Renaissance doctors mused about what would happen if they put blood into the veins of their patients. Some thought that it could be a treatment for all manner of ailments, even insanity. Finally, in the 1600s, a few doctors tested out the idea, with disastrous results. A French doctor injected calf’s blood into a madman, who promptly started to sweat and vomit and produce urine the colour of chimney soot. After another transfusion the man died.

Such calamities gave transfusions a bad reputation for 150 years. Even in the 19th century only a few doctors dared try out the procedure. One of them was a British physician named James Blundell. Like other physicians of his day, he watched many of his female patients die from bleeding during childbirth. After the death of one patient in 1817, he found he couldn’t resign himself to the way things were.

[…]

The first clues as to why the transfusions of the early 19th century had failed were clumps of blood. When scientists in the late 1800s mixed blood from different people in test tubes, they noticed that sometimes the red blood cells stuck together. But because the blood generally came from sick patients, scientists dismissed the clumping as some sort of pathology not worth investigating. Nobody bothered to see if the blood of healthy people clumped, until Karl Landsteiner wondered what would happen. Immediately, he could see that mixtures of healthy blood sometimes clumped too.

[…]

Landsteiner found that the clumping occurred only if he mixed certain people’s blood together. By working through all the combinations, he sorted his subjects into three groups. He gave them the entirely arbitrary names of A, B and C. (Later on C was renamed O, and a few years later other researchers discovered the AB group.
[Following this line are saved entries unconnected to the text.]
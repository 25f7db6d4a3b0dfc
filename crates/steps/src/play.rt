// The steps of a block.
ghost use Rattle.std.specs.Prelude.{◌≡◌, ◌<◌, length};
ghost use Rattle.scheme.specs.Instruments.{points};
ghost use Rattle.scheme.specs.Calls as Calls;
ghost use Rattle.turns.specs.Turns.{turn_after, older_of, newer_of};
ghost use Rattle.steps.specs.Steps.{Begins, Played};

use crate::layout::Layout;
use crate::step::{sample_in_turn, step_in_turn};
use counts::capped_sum;
use turns::{Turn, hit_after};
use types::Hit;

// How many steps were done, how many points were inexact in them, and the turn that the slices are in.
#[derive(Clone, Copy)]
pub(crate) struct Steps {
    pub(crate) done: usize,
    pub(crate) inexact: u64,
    pub(crate) turn: Turn,
}

// A step for each place of samples, until the next would put a point beyond the ceiling. The slices begin in turn `first`. Its parameters
// stay apart, as those of a step and of a block do.
pub(crate) fn play(
    layout: &Layout<'_>,
    older: &mut [i64],
    newer: &mut [i64],
    work: &mut [i64],
    samples: &mut [i16],
    pick: usize,
    hit: Option<Hit>,
    first: Turn,
) -> Steps
    requires { Begins first layout.now.plan hit older.old newer.old work.old × (pick < points layout.now.plan.instrument.grid) }
    ensures { Played
        (Calls.play layout.now.plan.instrument pick hit (older_of first older.old newer.old work.old)
        (newer_of first older.old newer.old work.old) samples.old)
        (length samples.old) result (older_of result.turn older.new newer.new work.new)
        (newer_of result.turn older.new newer.new work.new) samples.new
        × (result.turn ≡ turn_after first result.done) }
{
    let mut inexact = 0;
    let mut turn = first;
    for (j, place) in samples.iter_mut().enumerate() {
        let h = hit_after(hit, j);
        let Some(n) = step_in_turn(layout, older, newer, work, h, turn) else {
            return Steps {
                done: j,
                inexact,
                turn,
            };
        };
        inexact = capped_sum(inexact, n);
        *place = sample_in_turn(older, newer, work, pick, turn);
        turn = turn.next();
    }
    Steps {
        done: samples.len(),
        inexact,
        turn,
    }
}
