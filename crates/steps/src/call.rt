// The steps of a call: its checks, and its steps where nothing refuses them.
ghost use Rattle.std.specs.Prelude.{◌≡◌, false, length};
ghost use Rattle.scheme.specs.Refusals.{wrong_length, block_refusal};
ghost use Rattle.scheme.specs.Calls.{block, block_in_place};
ghost use Rattle.scheme.specs.Calls as Calls;
ghost use Rattle.turns.specs.Turns.{turn_after, older_of, newer_of};
ghost use Rattle.steps.specs.Steps.{Played};
ghost use Rattle.steps.specs.Left.{Opens, LeftFrom, LeftInTurn, LeftInPlace};

use crate::layout::Layout;
use crate::play::{Steps, play};
use block_checks::block_refusal;
use plans::make_plan;
use slices::clear;
use stretches::PIECE;
use turns::{Turn, ending};
use types::{BlockAnswer, Hit, Instrument, Refusal};

// What the steps of a call that is carried out tell: its answer, and the turn that the slices are in.
#[derive(Clone, Copy)]
pub struct InTurn {
    pub answer: BlockAnswer,
    pub turn: Turn,
}

// The steps of a block that 1 to 12 let pass: of three levels from their first turn, of two from theirs. Samples, pick and hit stay
// parameters of their own, since each clause names each of them by itself.
fn begin(
    i: Instrument,
    older: &mut [i64],
    newer: &mut [i64],
    work: &mut [i64],
    samples: &mut [i16],
    pick: usize,
    hit: Option<Hit>,
    first: Turn,
) -> Steps
    requires { (block_refusal i older.old newer.old false pick hit ≡ Ok tt) × Opens i.grid work.old first }
    ensures { Played (Calls.play i pick hit older.old newer.old samples.old)
        (length samples.old) result (older_of result.turn older.new newer.new work.new)
        (newer_of result.turn older.new newer.new work.new) samples.new
        × (result.turn ≡ turn_after first result.done) }
{
    let mut edges = [0u16; 128];
    let layout = Layout::new(make_plan(i), &mut edges);
    clear(work);
    play(&layout, older, newer, work, samples, pick, hit, first)
}

// The steps of a block from turn `first`, or what refuses them: `wrong` tells that the third slice has a wrong length, which is asked of
// three levels alone. The others are those of `begin`.
fn steps_from(
    i: Instrument,
    older: &mut [i64],
    newer: &mut [i64],
    work: &mut [i64],
    samples: &mut [i16],
    pick: usize,
    hit: Option<Hit>,
    wrong: bool,
    first: Turn,
) -> Result<InTurn, Refusal>
    requires { (block_refusal i older.old newer.old wrong pick hit ≡ Ok tt) → Opens i.grid work.old first }
    ensures { LeftFrom first (block_refusal i older.old newer.old wrong pick hit)
        (Calls.play i pick hit older.old newer.old samples.old)
        older.old newer.old work.old samples.old
        result older.new newer.new work.new samples.new }
{
    block_refusal(i, older, newer, wrong, pick, hit)?;
    let steps = begin(i, older, newer, work, samples, pick, hit, first);
    let answer = BlockAnswer {
        steps: steps.done,
        inexact: steps.inexact,
        outcome: ending(steps.done, samples.len()),
    };
    Ok(InTurn {
        answer,
        turn: steps.turn,
    })
}

// As many steps as samples has places, the hit in the first, each level left in the slice that the turn tells; or what refuses them.
// Its parameters are those of a block.
// Ruled out: every sample put in the first place; a level put in place though its last point passes the ceiling.
pub fn steps_in_turn(
    i: Instrument,
    older: &mut [i64],
    newer: &mut [i64],
    work: &mut [i64],
    samples: &mut [i16],
    pick: usize,
    hit: Option<Hit>,
) -> Result<InTurn, Refusal>
    ensures { LeftInTurn
        (block_refusal i older.old newer.old (wrong_length i.grid (length work.old)) pick hit)
        (block i older.old newer.old work.old samples.old pick hit)
        result older.new newer.new work.new samples.new }
{
    let wrong = work.len() != older.len();
    steps_from(
        i,
        older,
        newer,
        work,
        samples,
        pick,
        hit,
        wrong,
        Turn::First,
    )
}

// The same on two levels: no third one is lent.
// Ruled out: older written over though a later point passes the ceiling; two levels that keep their turn after a step.
pub fn steps_in_place(
    i: Instrument,
    older: &mut [i64],
    newer: &mut [i64],
    samples: &mut [i16],
    pick: usize,
    hit: Option<Hit>,
) -> Result<InTurn, Refusal>
    ensures { LeftInPlace (block_refusal i older.old newer.old false pick hit)
        (block_in_place i older.old newer.old samples.old pick hit)
        result older.new newer.new samples.new }
{
    let mut piece = [0i64; PIECE];
    steps_from(
        i,
        older,
        newer,
        &mut piece,
        samples,
        pick,
        hit,
        false,
        Turn::There,
    )
}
By the middle of the 20th century the American researcher Philip Levine had discovered another way to categorise blood, based on whether it had the Rh blood factor. A plus or minus sign at the end of Landsteiner’s letters indicates whether a person has the factor or not.)

[…]

The blood from people in group O was different. When Landsteiner mixed either A or B red blood cells with O plasma, the cells clumped. But he could add A or B plasma to O red blood cells without any clumping.

It’s this clumping that makes blood transfusions so potentially dangerous. If a doctor accidentally injected type B blood into my arm, my body would become loaded with tiny clots. They would disrupt my circulation and cause me to start bleeding massively, struggle for breath and potentially die. But if I received either type A or type O blood, I would be fine.

[…]

Each person’s immune system becomes familiar with his or her own blood type. If people receive a transfusion of the wrong type of blood, however, their immune system responds with a furious attack, as if the blood were an invader. The exception to this rule is type O blood. It only has H antigens, which are present in the other blood types too. To a person with type A or type B, it seems familiar. That familiarity makes people with type O blood universal donors, and their blood especially valuable to blood centres.

[…]

The most striking demonstration of our ignorance about the benefit of blood types came to light in Bombay in 1952. Doctors discovered that a handful of patients had no ABO blood type at all – not A, not B, not AB, not O. If A and B are two-storey buildings, and O is a one-storey ranch house, then these Bombay patients had only an empty lot.

Since its discovery this condition – called the Bombay phenotype – has turned up in other people, although it remains exceedingly rare. And as far as scientists can tell, there’s no harm that comes from it. The only known medical risk it presents comes when it’s time for a blood transfusion. Those with the Bombay phenotype can only accept blood from other people with the same condition. Even blood type O, supposedly the universal blood type, can kill them.

The Bombay phenotype proves that there’s no immediate life-or-death advantage to having ABO blood types. Some scientists think that the explanation for blood types may lie in their variation. That’s because different blood types may protect us from different diseases.